After much research on this topic, this is what I found ...
OnQueryProgress falls between requests. I'm not sure if this is intentional functionality or not, but while we are transferring data from a file, OnQueryProgress does not work.
The solution I found was to rely on the foreach writer receiver and do my own performance analysis as part of the process function. Unfortunately, we cannot access specific information about the running request. Or, I have not figured out how to do this yet. This is what I implemented in my sandbox for performance analysis:
val writer = new ForeachWriter[rawDataRow] { def open(partitionId: Long, version: Long):Boolean = { //We end up here in between files true } def process(value: rawDataRow) = { counter += 1 if(counter % 1000 == 0) { val currentTime = System.nanoTime() val elapsedTime = (currentTime - startTime)/1000000000.0 println(s"Records Written: $counter") println(s"Time Elapsed: $elapsedTime seconds") } } }
An alternative way to obtain indicators:
Another way to get information about running requests is to click on the GET endpoint that provides us.

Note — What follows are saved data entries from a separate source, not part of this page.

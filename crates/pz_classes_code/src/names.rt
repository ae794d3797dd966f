// Lists of names that begin with names of other lists.

ghost use Rattle.std.specs.Prelude.{◌≡◌, ◌≤◌, ◌+◌, ◌-◌, ◌++◌, take, length, slice_get, IfOk};
ghost use Rattle.std.specs.Option.{option_copied, option_map};
ghost use Rattle.pz_classes_code.specs.Places.{place_in};
ghost use Rattle.pz_classes_code.specs.NumberIn.{number_below};
ghost use Rattle.pz_classes_code.specs.devices.Above.{names_above};

use crate::Numbering;
use crate::numbering::first_places;
use pz_syntax::Name;
use pz_syntax::pz_items::{Items, Shared};
use std::alloc::{AllocError, Global};
use std::marker::Model;

/// A list of names. It may begin with the first names of another list, which it shares with others
/// and which stands above it; its own come behind. Contracts see all of them, and how many lists
/// stand above one another.
#[cycle(names)]
pub struct NameList {
    above: Option<NameFront>,
    own: Items<Name>,
    places: Numbering,
}

impl Model for NameList {
    ghost use Rattle.pz_classes_code.specs.Listed.{Listed};
    ghost use Rattle.pz_classes_code.specs.devices.Above.{extended, ArePlaced};
    ghost use Rattle.std.proofs.Common.{arith};

    ghost Value = { Listed };

    ghost view = { λ l. extended l.above l.own };

    ghost invariant = { λ l. ArePlaced l.own l.places };

    ghost size = { λ l. l.height };

    ghost size_decreases = { λ a h. Prim.grind arith };
}

/// So many of the first names of a list that several can own. Contracts see these names.
#[cycle(names)]
pub struct NameFront {
    list: Shared<NameList>,
    count: u32,
}

impl Model for NameFront {
    ghost use Rattle.std.specs.Prelude.{◌≤◌, length};
    ghost use Rattle.pz_classes_code.specs.Listed.{Listed};
    ghost use Rattle.pz_classes_code.specs.devices.Above.{front};
    ghost use Rattle.std.proofs.Common.{arith};

    ghost Value = { Listed };

    ghost view = { λ f. front f.count f.list };

    ghost invariant = { λ f. f.count ≤ length f.list.names };

    ghost size = { λ l. l.height };

    ghost size_decreases = { λ a h. Prim.grind arith };
}

// Written out, so that it is proved once, here, and not in each function that drops one.
impl Drop for NameList {
    #[cycle(drop_names)]
    fn drop(self) {
        let NameList { above, own, places } = self;
        std::mem::drop(above);
        std::mem::drop(own);
        std::mem::drop(places);
    }
}

impl Drop for NameFront {
    #[cycle(drop_names)]
    fn drop(self) {
        let NameFront { list, count: _ } = self;
        std::mem::drop(list);
    }
}

/// The number of a name, if it has one below the bound.
fn number_under(places: &Numbering, name: &[u8], bound: u32) -> Option<u32>
    ensures { result ≡ number_below bound places.now name.now }
{
    let number = places.get(name)?;
    if number < bound { Some(number) } else { None }
}

/// The place of a name that is numbered, where so many names stand before those, if it is below the
/// bound.
fn place_behind(places: &Numbering, name: &[u8], before: u32, bound: u32) -> Option<u32>
    requires { before ≤ bound }
    ensures { result ≡ option_map (λ n. before + n) (number_below (bound - before) places.now
        name.now) }
{
    let number = number_under(places, name, bound - before)?;
    Some(before + number)
}

impl NameList {
    /// The list of what is above and of names of its own. The only error is want of memory.
    pub fn new(
        alloc: Global,
        above: Option<NameFront>,
        own: Items<Name>,
    ) -> Result<NameList, AllocError>
        ensures { IfOk result (λ list. list.names ≡ names_above above ++ own) }
    {
        let places = first_places(alloc, own.as_slice())?;
        Ok(NameList { above, own, places })
    }

    /// The place of the first of so many of the first names that is this one, from 0. It looks into
    /// each list above once.
    fn place_below(&self, name: &[u8], bound: u32) -> Option<u32>
        ensures { result ≡ place_in (take bound self.now.names) name.now }
    {
        let Some(front) = &self.above else {
            return number_under(&self.places, name, bound);
        };
        let before = front.count.min(bound);
        match front.list.get().place_below(name, before) {
            Some(place) => Some(place),
            None => place_behind(&self.places, name, before, bound),
        }
    }

    /// The name at a place, from 0.
    fn name(&self, place: usize) -> Option<&Name>
        ensures { option_copied result ≡ slice_get self.now.names place }
    {
        let Some(front) = &self.above else {
            return self.own.as_slice().get(place);
        };
        let before = front.count as usize;
        if place < before {
            return front.list.get().name(place);
        }
        self.own.as_slice().get(place - before)
    }
}

impl NameFront {
    /// So many of the first names of a list. Takes constant time and no memory. The only error is
    /// that the list has as many owners as can be counted.
    pub fn new(list: &Shared<NameList>, count: u32) -> Result<NameFront, AllocError>
        requires { count ≤ length list.now.names }
        ensures { IfOk result (λ front. front.names ≡ take count list.now.names) }
    {
        Ok(NameFront {
            list: list.copy()?,
            count,
        })
    }

    /// The same names again. Takes constant time and no memory. The only error is that the list has
    /// as many owners as can be counted.
    pub fn copy(&self) -> Result<NameFront, AllocError>
        ensures { IfOk result (λ copy. copy ≡ self.now) }
    {
        Ok(NameFront {
            list: self.list.copy()?,
            count: self.count,
        })
    }

    /// How many names there are.
    pub fn len(&self) -> u32
        ensures { result ≡ length self.now.names }
    {
        self.count
    }

    /// The name at a place, from 0.
    pub fn name(&self, place: u32) -> Option<&Name>
        ensures { option_copied result ≡ slice_get self.now.names place }
    {
        if place < self.count {
            self.list.get().name(place as usize)
        } else {
            None
        }
    }

    /// The place of the first of the names that is this one, from 0.
    pub fn place(&self, name: &[u8]) -> Option<u32>
        ensures { result ≡ place_in self.now.names name.now }
    {
        self.list.get().place_below(name, self.count)
    }
}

http: // localhost: 4040 / metrics
or
http: // localhost: 4040 / api / v1 /
Documentation here: http://spark.apache.org/docs/latest/monitoring.html
September 2, 2017 Patch Number: Tested with regular sparking, unstructured streaming
Disclaimer, this may not apply to structured streaming, I need to set up a test bed for confirmation. However, it works with regular spark flow (consumption in Kafka in this example).
I believe that since the release of sparking 2.2, there are new endpoints that can get more performance indicators. It may have existed in previous versions, and I just skipped it, but I wanted to make sure it was documented for anyone looking for this information.
http: // localhost: 4040 / api / v1 / applications / {applicationIdHere} / streaming / statistics
This is the endpoint that looks like it was added in 2.2 (or it already existed and the documentation was just added, I'm not sure, I did not check).
In any case, it adds metrics in this format for the specified streaming application:
{ "startTime" : "2017-09-13T14:02:28.883GMT", "batchDuration" : 1000, "numReceivers" : 0, "numActiveReceivers" : 0, "numInactiveReceivers" : 0, "numTotalCompletedBatches" : 90379, "numRetainedCompletedBatches" : 1000, "numActiveBatches" : 0, "numProcessedRecords" : 39652167, "numReceivedRecords" : 39652167, "avgInputRate" : 771.722, "avgSchedulingDelay" : 2, "avgProcessingTime" : 85, "avgTotalDelay" : 87 }
This enables us to create our own custom evaluation / monitoring applications using the REST endpoints that Spark sets up.